On the issue of Taiwan, The Economist states: "...the best way to minimize (the possibility of a Chinese invasion) is not to appease China by cutting Taiwan off from the international society. That would be to concede China's basic contention that whatever happens between China and Taiwan is an internal Chinese affair, and thus to concede its justification for an invasion of its island neighbor ..... The best policy is gradually to expand ties with Taiwan, as America is already doing. China should be left in no doubt that an invasion of Taiwan -- the United States's sixth largest trading partner -- would comprehensively wreck relations with capitalist Asia and the West, far more than the killings of the pro-democracy demonstrations in Beijing in 1989 ever did."
Also an advocate of a tougher line is Mr. Jim Hoagland, who wrote: "China adroitly manipulated a straw man argument to bully the United States into .. studied silence. By accusing Washington of trying to "contain China," Beijing tries to paint even moderate criticism of or differences with China as warlike acts which must be avoided" ("Why does America bash Japan and coddle China ?", International Herald Tribune, 10 August 1995). Mr. Hoagland also argues in favor of de-linking the Taiwan debate from China: "Just as Russia must not be given a veto over America's relations with the new democracies of Eastern Europe and the Ukraine, Beijing cannot be given power to determine how Washington conducts itself vis-á-vis Taiwan. U.S.-Taiwan relations cannot be held hostage to the paranoid, lurid fantasies of the gerontocracy that rules in Beijing."

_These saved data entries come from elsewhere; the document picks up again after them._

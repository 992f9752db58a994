// Netlists in Verilog.
ghost use Rattle.std.specs.Prelude.{◌≡◌, None, IfOk, IfErr, Err};
ghost use Rattle.lw_netlist.specs.Plain.{IsOver};
ghost use Rattle.lw_verilog.specs.Sayable.{refused};
ghost use Rattle.lw_top.specs.Answered.{Gives};
ghost use Rattle.lw_files.specs.Read.{IsReadNetlist};
ghost use Rattle.lw_top.specs.Counts.{at_once};
ghost use Rattle.lw_top.specs.Verilogs.{SaysVerilog, SaysMapped, whole_frame};

use crate::answer::{Answer, Answered};
use crate::refusal::Refusal;
use lw_fixed::Micros;
use lw_genlib::Library;
use lw_map::all_at_once;
use lw_mapped::Mapped;
use lw_netlist::Netlist;
use lw_pool::{Frame, Latches};
use lw_verilog::sayable;
use std::alloc::Global;

// Whether a mapped netlist has a text in Verilog, or why it has none.
fn is_said(alloc: Global, library: &Library, mapped: &Mapped) -> Result<(), Refusal>
    requires { IsReadNetlist library.now mapped.now }
    ensures said { IfOk result (λ _. refused library.now mapped.now.netlist mapped.now.frame
        ≡ None) }
    ensures refused { IfErr result (λ e. Gives (SaysVerilog library.now mapped.now) (Err e)) }
{
    match sayable(alloc, &mapped.netlist, library, &mapped.frame)? {
        Some(why) => Err(Refusal::NoVerilog(why)),
        None => Ok(()),
    }
}

/// What a mapped netlist comes to in Verilog: itself, to be written so, or why it has no text.
pub(crate) fn say_verilog(alloc: Global, library: Library, mapped: Mapped) -> Answered
    requires { IsReadNetlist library mapped }
    ensures { Gives (SaysVerilog library mapped) result }
{
    match is_said(alloc, &library, &mapped) {
        Ok(()) => Ok(Answer::Verilog(library, mapped.netlist)),
        Err(refusal) => {
            drop(library);
            drop(mapped);
            Err(refusal)
        }
    }
}

// What stands around a netlist from Verilog, which has no latches, and starts of 0 for its inputs.
fn whole(alloc: Global, netlist: &Netlist) -> Result<(Frame, Micros), Refusal>
    ensures frame { IfOk result (λ around. around.0 ≡ whole_frame netlist.now) }
    ensures starts { IfOk result (λ around. around.1 ≡ at_once netlist.now.inputs) }
    ensures memory { IfErr result (λ e. e ≡ Refusal.Memory) }
{
    let starts = all_at_once(alloc, netlist.inputs())?;
    let Ok(outputs) = u32::try_from(netlist.outputs().len()) else {
        return Err(Refusal::Memory);
    };
    let frame = Frame {
        inputs: netlist.inputs(),
        outputs,
        latches: Latches::new(alloc),
    };
    Ok((frame, starts))
}

/// What a netlist in Verilog comes to as a mapped text: it has no certificate, and its inputs start
/// at 0.
pub(crate) fn map_verilog(alloc: Global, library: Library, netlist: Netlist) -> Answered
    requires { IsOver library netlist }
    ensures { Gives (SaysMapped library netlist) result }
{
    match whole(alloc, &netlist) {
        Ok((frame, starts)) => Ok(Answer::Mapping(library, netlist, frame, starts, None)),
        Err(refusal) => {
            drop(library);
            drop(netlist);
            Err(refusal)
        }
    }
}
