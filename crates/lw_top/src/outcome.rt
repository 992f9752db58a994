// What a run comes to.
ghost use Rattle.std.specs.Prelude.{◌≡◌, ◌≤◌, ◌↔◌, None, IfSome};
ghost use Rattle.lw_io.specs.Waitings.{IsTaken};
ghost use Rattle.lw_io.specs.Writers.{Writes};
ghost use Rattle.lw_top.specs.Words.{IsInRange};
ghost use Rattle.lw_top.specs.Commands.{asked};
ghost use Rattle.lw_top.specs.Answered.{CanBeWritten};
ghost use Rattle.lw_top.specs.Counts.{counts_text, sizes_text, steps_text};
ghost use Rattle.lw_top.specs.Outcome.{Serves, WritesAnswer, WritesText};

use crate::answer::{Answer, respond};
use crate::refusal::Refusal;
use crate::words::Command;
use lw_files::{put_count, put_number, put_time};
use lw_io::{Failed, Shelf, Sink, Writer, write_all};
use lw_lut::write_tables;
use lw_map::{Counts, Sizes};
use lw_mapped::write;
use lw_verilog::write_verilog;
use std::alloc::Global;

/// What a run comes to.
#[derive(Drop)]
pub enum Outcome {
    Done,
    WriteFault,
    Refused(Refusal),
}

/// Computes the whole answer of a command, and then writes it. Without a command the words are
/// refused.
pub fn serve<F: Shelf, O: Sink>(
    alloc: Global,
    command: Option<Command<'_>>,
    shelf: &mut F,
    out: &mut O,
) -> Outcome
    requires { IfSome (asked command) IsInRange }
    ensures words { (result ≡ Outcome.Refused Refusal.Words) ↔ (asked command.entry ≡ None) }
    ensures serves { Serves (F.files shelf.old) (F.files shelf.new) (F.faults shelf.old)
        (F.faults shelf.new) O.taken O.is_finished O.faults out.old out.new (asked command.entry)
        result }
{
    let Some(command) = command else {
        return Outcome::Refused(Refusal::Words);
    };
    match respond(alloc, command, shelf) {
        Ok(answer) => written(answer, out),
        Err(refusal) => Outcome::Refused(refusal),
    }
}

// Writes an answer, all of it, and lets go of it.
fn written<O: Sink>(answer: Answer, out: &mut O) -> Outcome
    requires { CanBeWritten answer }
    ensures writes { WritesAnswer O.taken O.is_finished O.faults out.old out.new answer result }
    ensures later { O.faults out.old ≤ O.faults out.new }
{
    let mut answer = answer;
    let text = write_text(&mut answer, out);
    drop(answer);
    match text {
        Err(_) => Outcome::WriteFault,
        Ok(()) => match out.finish() {
            Err(_) => Outcome::WriteFault,
            Ok(()) => Outcome::Done,
        },
    }
}

// Writes the text of an answer.
fn write_text<O: Sink>(answer: &mut Answer, out: &mut O) -> Result<(), Failed>
    requires { CanBeWritten answer.old }
    ensures { WritesText (O.taken out.old) (O.faults out.old) (O.taken out.new)
        (O.faults out.new) answer.old result }
{
    match answer {
        Answer::Mapping(library, netlist, frame, starts, certificate) => {
            write(netlist, library, frame, starts, certificate.as_ref(), out)
        }
        Answer::Verilog(library, netlist) => write_verilog(netlist, library, out),
        Answer::Tables(net, frame) => write_tables(net, frame, out),
        Answer::Yes => write_all(out, b"yes\n"),
        Answer::Times(library, netlist, timing) => timing.write(netlist, library, out),
        Answer::Values(network, vectors, sim) => sim.network(network, vectors, out),
        Answer::GateValues(library, netlist, vectors, sim) => {
            sim.netlist(netlist, library, vectors, out)
        }
        Answer::Counts(counts) => write_counts(*counts, out),
        Answer::Sizes(sizes) => write_sizes(*sizes, out),
    }
}

// Writes the counts of a graph, one on a line.
fn write_counts<O: Sink>(counts: Counts, out: &mut O) -> Result<(), Failed>
    ensures { IsTaken (O.taken out.old) (O.faults out.old) (O.taken out.new) (O.faults out.new)
        (counts_text counts) result }
{
    let mut text = Writer::new(out);
    put_count(&mut text, b"forms ", u128::from(counts.forms), b"\n");
    put_count(&mut text, b"classes ", u128::from(counts.classes), b"\n");
    put_count(&mut text, b"alternatives ", counts.pairs, b"\n");
    text.end()
}

// Writes how often stored matches were read, `none` if none was stored.
fn put_steps<O: Sink>(out: &mut Writer<'_, O>, steps: Option<u64>)
    ensures { Writes O.taken O.faults out.old out.new (steps_text steps) }
{
    match steps {
        None => out.put(b"none"),
        Some(steps) => put_number(out, u128::from(steps)),
    }
}

// Writes the sizes of a drawn network, one on a line, the greatest arrival as a decimal.
fn write_sizes<O: Sink>(sizes: Sizes, out: &mut O) -> Result<(), Failed>
    ensures { IsTaken (O.taken out.old) (O.faults out.old) (O.taken out.new) (O.faults out.new)
        (sizes_text sizes) result }
{
    let mut text = Writer::new(out);
    put_count(&mut text, b"nodes ", u128::from(sizes.nodes), b"\n");
    put_count(&mut text, b"classes ", u128::from(sizes.classes), b"\n");
    put_count(&mut text, b"gates ", u128::from(sizes.gates), b"\n");
    text.put(b"max ");
    put_time(&mut text, sizes.latest);
    text.put(b"\n");
    text.put(b"steps ");
    put_steps(&mut text, sizes.steps);
    text.put(b"\n");
    text.end()
}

Last, but not least, we refer to the article which ruffled most feathers in Beijing: Charles Krauthammer's "Why we must contain China" (TIME Magazine, 31 July 1995). Mr. Krauthammer titillates Messrs. Winston Lord and Newt Gingrich for their diplomatic fibbing, and states that "...any rational policy towards a rising, threatening China would have exactly these two components: 1) containing China as it tries relentlessly to expand its reach, and 2) undermining its pseudo-Marxist but still ruthless dictatorship.